Selain aspek keamanan, penggunaan aplikasi resmi juga memastikan pengguna mendapatkan fitur terbaru dan pembaruan sistem yang dirancang untuk meningkatkan kenyamanan serta perlindungan berlapis. Aplikasi resmi PINTU di Google Play telah melalui proses verifikasi keamanan yang ketat sesuai standar platform.
Setelah aplikasi terpasang, pengguna dapat langsung memulai aktivitas investasi dengan menyelesaikan proses Know Your Customer atau KYC sesuai dengan ketentuan yang berlaku. Proses ini menjadi bagian dari upaya menjaga ekosistem investasi yang aman, transparan, dan patuh terhadap regulasi.
Tidak berhenti sampai di situ, PINTU juga mengingatkan pengguna Android untuk memanfaatkan fitur keamanan bawaan dari sistem operasi. Salah satu langkah preventif yang disarankan adalah mengaktifkan Play Protect yang tersedia di Google Play.

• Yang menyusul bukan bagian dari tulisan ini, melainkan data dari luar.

// A stream, taken through from a fresh watch on: uncut, cut before each byte, and, if it is short, cut before one byte alone, for each byte. A cut
// parks the watch, in a narrow record before every other byte, and resumes it. Each answer of each pass is held against the plain search, and the
// answers of all passes must be the same.
use crate::account::{Account, Case};
use crate::tally::{Tally, count};
use checkpoint_format::Format;
use checkpoint_restore::restore;
use checkpoint_save::save;
use driver_input::{behind, until};
use fingerprint::Key;
use matcher::{Matcher, Stroke};
use naive_search::{print_of, stages};
use signature::Signature;
use walk::Answer;

// More bytes than any record has, and what fills them before a watch is parked there for the first and for the second time.
const BUFFER: usize = 800;

const FIRST: u8 = 170;

const SECOND: u8 = 85;

// The longest stream that is cut before each byte alone.
const SHORT: usize = 64;

// Before which bytes a stream is cut; bytes are counted from 1. (Three ways, so no Option.)
#[derive(Clone, Copy, PartialEq, Eq)]
enum Cuts {
    None,
    Each,
    Before(usize),
}

// The length of the prefix behind one of `size` bytes, for a pattern of m bytes: twice as much, at most the whole; 0 behind the last
// (no Option: a card has 0 there, the fingerprint of no bytes).
fn next_size(size: usize, m: usize) -> usize {
    if m <= size {
        return 0;
    }
    size + size.min(m - size)
}

// Whether a card has the pattern's length, the key and the fingerprints of its prefixes, and 0 past them.
fn is_card_of(card: Signature, case: Case) -> bool {
    let m = case.pattern.len();
    let mut same = card.length as u64 == m as u64 && card.key.number() == case.key;
    let mut size: usize = 1;
    for print in card.prints {
        same = same && print.number() == print_of(until(case.pattern, size), case.key);
        size = next_size(size, m);
    }
    same
}

// How many bytes a parked watch of a pattern of m bytes takes (document 01, "Records"; document 02, A.5).
fn record_size(m: usize, format: Format) -> usize {
    let k = stages(m) as usize;
    match format {
        Format::Narrow => 26 + 28 * k,
        Format::Wide => 30 + 36 * k,
    }
}

// Whether two buffers begin with the same record, and hold behind it what they held before.
fn hold_one_record(first: &[u8], second: &[u8], size: usize) -> bool {
    until(first, size) == until(second, size)
        && behind(first, size).iter().all(|byte| *byte == FIRST)
        && behind(second, size).iter().all(|byte| *byte == SECOND)
}

// Whether a watch is parked in the same record as the first, all bytes behind it being left alone.
fn is_parked_so(w: Matcher, format: Format, size: usize, first: &[u8]) -> bool {
    let mut second = [SECOND; BUFFER];
    save(w, format, &mut second) == Ok(size) && hold_one_record(first, &second, size)
}

// A cut: what is resumed from a record is parked again in the same record. Where the watch cannot be resumed, it holds nothing.
fn cut(w: Matcher, format: Format, size: usize, tally: &mut Tally) -> Matcher {
    let mut first = [FIRST; BUFFER];
    tally.expect(save(w, format, &mut first) == Ok(size));
    let restored = restore(w.signature, &first);
    tally.expect(restored.map(|r| r.taken) == Ok(size));
    let resumed = restored.map_or(Matcher::none(), |r| r.matcher);
    tally.expect(is_parked_so(resumed, format, size, &first));
    resumed
}

// The watch before the last byte of the stream, cut there or not.
fn before(w: Matcher, cuts: Cuts, case: Case, tally: &mut Tally) -> Matcher {
    let t = case.stream.len();
    if cuts != Cuts::Each && cuts != Cuts::Before(t) {
        return w;
    }
    let format = if t % 2 == 0 {
        Format::Narrow
    } else {
        Format::Wide
    };
    count(&mut tally.cuts, 1);
    cut(w, format, record_size(case.pattern.len(), format), tally)
}

// The last byte of the stream so far: the cut before it, the stroke, to the core where the stream is uncut, else through the thin entry, and its
// answer. A watch that refuses the byte stays as it is.
fn turn(w: Matcher, cuts: Cuts, byte: u8, case: Case, account: &mut Account) -> Matcher {
    let own = before(w, cuts, case, &mut account.tally);
    let struck = if cuts == Cuts::None {
        own.stroke(byte)
    } else {
        in_place::stroke_local(own, byte)
    };
    account.tally.expect(struck.is_ok());
    let stroke = struck.unwrap_or(Stroke {
        answer: Answer::none(),
        matcher: own,
    });
    account.take(case, stroke.answer);
    stroke.matcher
}

// The whole stream from a fresh watch on.
fn walk(card: Signature, cuts: Cuts, case: Case, account: &mut Account) {
    let started = Matcher::start(card);
    account.tally.expect(started.is_ok());
    let mut w = started.unwrap_or(Matcher::none());
    for (t, byte) in case.stream.iter().enumerate() {
        let so_far = Case {
            stream: &case.stream[..t + 1],
            ..case
        };
        w = turn(w, cuts, *byte, so_far, account);
    }
}

// A pass. Its answers must be those of the uncut pass, which comes first.
fn pass(card: Signature, cuts: Cuts, case: Case, tally: Tally) -> Tally {
    let mut account = Account::new(tally);
    walk(card, cuts, case, &mut account);
    account.settle(case);
    let mut after = account.tally;
    if cuts == Cuts::None {
        after.uncut = after.digest;
    }
    let same = after.digest == after.uncut;
    after.expect(same);
    count(&mut after.passes, 1);
    after
}

// All passes of a case.
pub(crate) fn all(case: Case) -> Tally {
    let mut tally = Tally::default();
    let made = card_core::make(case.pattern, Key::new(case.key));
    let card = made.unwrap_or(Signature::none());
    tally.expect(made.is_ok() && is_card_of(card, case));
    tally = pass(card, Cuts::None, case, tally);
    tally = pass(card, Cuts::Each, case, tally);
    if case.stream.len() <= SHORT {
        for t in 1..=case.stream.len() {
            tally = pass(card, Cuts::Before(t), case, tally);
        }
    }
    tally
}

“Langkah pencegahan lainnya yang bisa dilakukan adalah pengguna Android dapat mengaktifkan fitur bawaan Play Protect untuk memindai dan mendeteksi aplikasi berbahaya. Selain itu, selalu perbarui aplikasi PINTU ke versi terbaru untuk meningkatkan perlindungan, dan pastikan mengubah password secara berkala serta mengaktifkan two-factor authentication (2FA) untuk meningkatkan keamanan berlapis,” tutup Iskandar.

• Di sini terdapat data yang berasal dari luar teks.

// The lines of the printing program (document 01, "The printing program"), put into a lent buffer.
#![tactic(auto)]

ghost use Rattle.std.specs.Prelude.{◌≡◌, ◌+◌, ◌*◌, ◌≤◌, length, leb};
ghost use Rattle.lists.specs.Stored.{Stored};
ghost use Rattle.notes.specs.Notes.{note_size};
ghost use Rattle.report_lines.specs.Lines.{
  item,
  line,
  line_x,
  line_e,
  note_lines,
  room,
  placed,
  written,
  notes_placed,
  notes_written,
};
ghost use Rattle.report_lines.specs.Sizes.{most_item, most_numbers, most_line};

use notes::NOTE;

// The room that a buffer must have from the place on, whatever is to be put there: the lines of one byte are never longer.
pub const ROOM: usize = 2048;

// The longest line.
pub const MOST_LINE: usize = 86;

// A space and a number. (The room is asked of the caller, here and below: the buffer is lent, and is written where it lies.)
fn put_item(buf: &mut [u8], at: usize, n: u64) -> usize
    requires { at + most_item ≤ length buf.old }
    ensures { Stored buf.old at (item n) most_item result buf.new }
{
    buf[at] = b' ';
    decimal::put(buf, at + 1, n)
}

// A line: a letter and up to four numbers.
fn put_line(buf: &mut [u8], at: usize, letter: u8, numbers: &[u64]) -> usize
    requires { (at + most_line ≤ length buf.old) × (length numbers.now ≤ most_numbers) }
    ensures { Stored buf.old at (line letter numbers.now) most_line result buf.new }
{
    buf[at] = letter;
    let mut next = at + 1;
    for &n in numbers {
        next = put_item(buf, next, n);
    }
    buf[next] = b'\n';
    next + 1
}

// The line of a note.
fn put_note(buf: &mut [u8], at: usize, note: &[u64]) -> usize
    requires room { at + most_line ≤ length buf.old }
    requires whole { length note.now ≡ note_size }
    ensures { Stored buf.old at (note_lines note.now) most_line result buf.new }
{
    if note[0] == 0 {
        put_line(buf, at, b'R', &note[1..3])
    } else {
        put_line(buf, at, b'A', &note[1..])
    }
}

// Whether a buffer of so many bytes has the room from a place on. (One line, as in notes for its own size.)
fn has_room(size: usize, at: usize) -> bool
    ensures { result ≡ leb (at + room) size }
{
    ROOM <= size && at <= size - ROOM
}

// Whether it has the room of so many of the longest lines.
fn has_lines(size: usize, at: usize, lines: usize) -> bool
    ensures { result ≡ leb (at + most_line * lines) size }
{
    at <= size && lines <= (size - at) / MOST_LINE
}

// The lines of notes, at a place of the buffer: where the next line goes, if there is room for them; else the buffer is as it was. Numbers behind
// the last whole note count for nothing.
pub fn put_notes(buf: &mut [u8], at: usize, notes: &[u64]) -> Option<usize>
    ensures value { result ≡ notes_placed buf.old at notes.now }
    ensures buf_after { buf.new ≡ notes_written buf.old at notes.now }
{
    if !has_lines(buf.len(), at, notes.len() / NOTE) {
        return None;
    }
    let mut next = at;
    for note in notes.chunks_exact(NOTE) {
        next = put_note(buf, next, note);
    }
    Some(next)
}

// One line, at a place of the buffer: where the next one goes, if there is room; else the buffer is as it was.
fn put_alone(buf: &mut [u8], at: usize, letter: u8, numbers: &[u64]) -> Option<usize>
    requires { length numbers.now ≤ most_numbers }
    ensures value { result ≡ placed buf.old at (line letter numbers.now) }
    ensures buf_after { buf.new ≡ written buf.old at (line letter numbers.now) }
{
    if has_room(buf.len(), at) {
        Some(put_line(buf, at, letter, numbers))
    } else {
        None
    }
}

// The line of a refusal, at a place of the buffer.
pub fn put_refusal(buf: &mut [u8], at: usize, number: u32) -> Option<usize>
    ensures value { result ≡ placed buf.old at (line_x number) }
    ensures buf_after { buf.new ≡ written buf.old at (line_x number) }
{
    put_alone(buf, at, b'X', &[number as u64])
}

// The last line, at a place of the buffer.
pub fn put_end(buf: &mut [u8], at: usize, t: u64, total: u64) -> Option<usize>
    ensures value { result ≡ placed buf.old at (line_e t total) }
    ensures buf_after { buf.new ≡ written buf.old at (line_e t total) }
{
    put_alone(buf, at, b'E', &[t, total])
}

Dengan meningkatnya literasi digital dan kesadaran terhadap keamanan siber, diharapkan pengguna Android dapat terhindar dari berbagai modus penipuan yang semakin canggih. PINTU menilai kolaborasi antara penyedia layanan, platform teknologi, dan pengguna menjadi kunci utama dalam menciptakan ekosistem investasi kripto yang aman dan berkelanjutan di Indonesia.